Regular Expression (2) -- metacharacters

Source: Internet
Author: User

The characters in a regular expression are divided into metacharacters and general characters,General charactersMatch itself (what is written, for example, to write 'A' in a regular expression, and match 'A' in a match '), metacharacters are the most basic and core content of regular expressions. Basically, all regular expressions are composed of metacharacters, which are the basis of regular expressions. This section describes the character groups, multi-choice structures, periods, and predefined character sets.

What is metacharacters"

Metacharacters are special characters that have special meanings in regular expressions.These metacharacters (special characters or character groups) can replace one or more characters. The following figure shows the basic metacharacters.

The figure above contains basic 'metacharacters, including quantifiers, boundary matching, character matching, logic, grouping, surround view, and some special structures.

Metacharacters-character groups

There are two character groups:Common Character groups and excluded character groups

1. Normal character group

"[·]", The regular expression that appears in the structure on the left is called a normal character group, it will match any character in the [...] struct.

Example: [ABC]

The character 'a' can match 'A', the character 'B' can match 'B', and the character 'C' can match 'C ', [ABC] matches any of the three characters 'A', 'B', and 'c.
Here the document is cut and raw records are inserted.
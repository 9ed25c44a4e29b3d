//! One turn of a batch in flight.

ghost use Rattle.std.specs.Prelude.{◌≡◌, ◌<◌, ◌+◌, ◌*◌, ◌^◌, ◌∷◌, ◌++◌, [], List, true, false, Some, length, take, drop, slice_get, IfOk, OnOk};
ghost use Rattle.sf_value.specs.declared.value.Ref.{Ref};
ghost use Rattle.block_runs.specs.EventStep.{lasts, target_of};
ghost use Rattle.block_step.specs.CompiledViews.{IsWhole};
ghost use Rattle.transaction_steps.specs.Transactions.{Transaction, is_done};
ghost use Rattle.operator_graph.specs.declared.flight.Flight.{Flight};
ghost use Rattle.operator_graph.specs.Partitions.{IsParts};
ghost use Rattle.operator_graph.specs.Telling.{AlsoTold};
ghost use Rattle.operator_graph.specs.BatchEvents as spec;
ghost use Rattle.operator_graph.specs.BatchEvents.{event_told};
ghost use Rattle.operator_graph.specs.Going.{going, places_going, weights};
ghost use Rattle.operator_graph.specs.Stepping.{CanStep, HasGoneOnAt};
ghost use Rattle.operator_graph.specs.Flights.{EachTransaction, FlightsFit, turns_of};
ghost use Rattle.operator_graph.specs.Turns.{Turns};

use crate::flight::{Dataflow, Flights, go_on, is_over};
use crate::going::{Places, place_at};
use crate::routing::operator_of;
use crate::watch::Watch;
use block_code::Event;
use event_step::target;
use keyed_state::Works;
use sf_outside::Chooser;
use std::alloc::AllocError;

/// The operator that is to handle an event.
fn operator_for(event: &Event, parts: u32) -> u32
    requires parts { IsParts parts }
    requires room { (at : Ref) → target_of event.now.kind (lasts event.now.frames) ≡ Some at → (at.class + 1) * parts < 2 ^ 32 }
    ensures { result ≡ spec.operator_for (target_of event.now.kind (lasts event.now.frames)) parts }
{
    match target(event) {
        Some(at) => operator_of(at, parts),
        None => 0,
    }
}

fn tell<W: Watch>(watch: &mut W, parts: u32, event: &Event)
    requires parts { IsParts parts }
    requires room { (at : Ref) → target_of event.now.kind (lasts event.now.frames) ≡ Some at → (at.class + 1) * parts < 2 ^ 32 }
    ensures { AlsoTold (W.told watch.old) (W.told watch.new) (event_told parts event.now ∷ []) }
{
    watch.step(operator_for(event, parts), event);
}

/// The transaction at a place handles its next event, which is told before.
fn turn_at<W: Watch>(
    on: &Dataflow<'_>,
    flights: &mut Flights,
    works: &mut Works,
    place: usize,
    watch: &mut W,
) -> Result<(), AllocError>
    requires whole { IsWhole on.now.compiled.now }
    requires parts { IsParts on.now.parts }
    requires works { place < length works.old }
    requires can { (f : Flight) × (slice_get flights.old place ≡ Some f) × CanStep on.now.compiled.now on.now.state.now.contents f }
    ensures told { (f : Flight) → slice_get flights.old place ≡ Some f →
        AlsoTold (W.told watch.old) (W.told watch.new) (event_told on.now.parts f.next ∷ []) }
    ensures many { length flights.new ≡ length flights.old }
    ensures gone { OnOk result (HasGoneOnAt on.now.compiled.now on.now.state.now.contents place flights.old flights.new works.old works.new) }
{
    let flight = flights.at_mut(place);
    tell(watch, on.parts, &flight.next);
    go_on(on, flight, works.at_mut(place))
}

/// Takes the place of this number out where the transaction there is over.
fn leave(places: &mut Places, number: u32, flights: &Flights, place: usize)
    requires number { number < length places.old }
    requires place { place < length flights.now }
    ensures over { (f : Flight) → slice_get flights.now place ≡ Some f → is_done f.next.kind ≡ true →
        places.new ≡ take number places.old ++ drop (number + 1) places.old }
    ensures going { (f : Flight) → slice_get flights.now place ≡ Some f → is_done f.next.kind ≡ false → places.new ≡ places.old }
{
    if is_over(&flights.as_slice()[place].next) {
        places.remove(number as usize);
    }
}

/// One of the transactions that aren't over is picked, and handles its next event. It answers false
/// where all are over, and then it picks none. The places are those of the ones that aren't over.
pub(crate) fn take_turn<C: Chooser, W: Watch>(
    on: &Dataflow<'_>,
    flights: &mut Flights,
    places: &mut Places,
    works: &mut Works,
    chooser: &mut C,
    watch: &mut W,
) -> Result<bool, AllocError>
    requires whole { IsWhole on.now.compiled.now }
    requires parts { IsParts on.now.parts }
    requires few { length flights.old < 2 ^ 32 }
    requires fit { FlightsFit on.now.compiled.now on.now.state.now.contents flights.old works.old }
    requires placed { places.old ≡ places_going 0 flights.old }
    ensures many { length flights.new ≡ length flights.old }
    ensures still { OnOk result (FlightsFit on.now.compiled.now on.now.state.now.contents flights.new works.new) }
    ensures placed { OnOk result (places.new ≡ places_going 0 flights.new) }
    ensures turns { (ts : List Transaction) → EachTransaction on.now.state.now.contents ts flights.old works.old →
        Turns (turns_of on.now.compiled.now on.now.parts) ts on.now.state.now.contents result flights.new works.new
        (record { choices = C.choices chooser.old; told = W.told watch.old })
        (record { choices = C.choices chooser.new; told = W.told watch.new }) }
    ensures falls { IfOk result (λ more. more ≡ true → weights flights.new < weights flights.old) }
    ensures over { IfOk result (λ more. more ≡ false → going flights.new ≡ 0) }
{
    let count = places.len() as u32;
    if count == 0 {
        return Ok(false);
    }
    let pick = chooser.pick(count);
    let number = pick % count;
    let place = place_at(places, number);
    turn_at(on, flights, works, place, watch)?;
    leave(places, number, flights, place);
    Ok(true)
}
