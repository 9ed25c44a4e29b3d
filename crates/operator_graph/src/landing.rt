//! What the requests of a batch have come to, taken out of their last events.

ghost use Rattle.std.specs.Prelude.{◌≡◌, true, length, IfOk};
ghost use Rattle.transaction_steps.specs.Transactions.{is_done};
ghost use Rattle.operator_graph.specs.Going.{going, come_to, all_come_to};

use crate::flight::Flights;
use block_code::EventKind;
use sf_list::Sequence;
use sf_value::{Outcome, Outcomes, Value};
use std::alloc::{AllocError, Global};
use std::mem;

/// So many outcomes, to be replaced.
pub(crate) fn blank_outcomes(alloc: Global, count: usize) -> Result<Outcomes, AllocError>
    ensures { IfOk result (λ made. length made ≡ count) }
{
    let mut made = Sequence::new(alloc);
    for _ in 0..count {
        made.push(alloc, Outcome::Value(Value::Nil))?;
    }
    Ok(made)
}

fn take_outcome(kind: &mut EventKind) -> Outcome
    requires { is_done kind.old ≡ true }
    ensures { result ≡ come_to kind.old }
{
    match kind {
        EventKind::Done(outcome) => mem::replace(outcome, Outcome::Value(Value::Nil)),
        // all are over
        _ => unreachable!(),
    }
}

/// Takes the outcomes out, and puts them in place of those that are there. It takes no memory.
pub(crate) fn take_outcomes(flights: Flights, outcomes: Outcomes) -> Outcomes
    requires over { going flights ≡ 0 }
    requires as_many { length outcomes ≡ length flights }
    ensures { result ≡ all_come_to flights }
{
    let mut flights = flights;
    let mut outcomes = outcomes;
    for place in 0..flights.len() {
        let outcome = take_outcome(&mut flights.at_mut(place).next.kind);
        outcomes.set(place, outcome);
    }
    drop(flights);
    outcomes
}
From the programming point of view, the condition for judging a 'or' is equivalent to another regular expression (A | B | C). Either it matches 'A' or 'B ', otherwise, it matches 'C '.

Let's take a simple example.

Regular Expression: 'gr [AE] y'

First match 'G', then 'R', then a 'A' or 'E', and then a 'y '. We can see from this process that the text that this regular expression can match is 'Gray 'or 'Gray'

We can also use the hyphen '-' to represent a range,Match a character in a range with the [...] struct. For example:

Regular Expression: [a-d0-9]

This regular expression can match any character in 0, 1, 2, 3, 4, 5, 6, 7, 8, 9, A, B, C, and D. Two regular expressions that contain more than two ranges are called'Multi-range'

'-' A hyphen can only be a metacharacters in the [...] struct; otherwise, it can only match common hyphens. Of course, if the '-' character starts with the [...] struct, it is also a common character, for example

Regular Expression :[-!.? ABC]

In this case, '-' indicates itself. This regular expression can match '-','! ','.','? ', 'A',' B ', any of 'C'

Ii. Excluded character groups

"[^ ·]", The regular expression that appears in the structure on the left is called an excluded character group, it will match any character other than the character in the [^ ·] struct, that is, all other characters except the character in the ^ ·] struct can match.

Example: [^ ABC]

The above regular expression can match D, match E, match D-Z, A-Z, match any number, match '? ', But it cannot match any of the three characters 'A',' B ', and 'c'.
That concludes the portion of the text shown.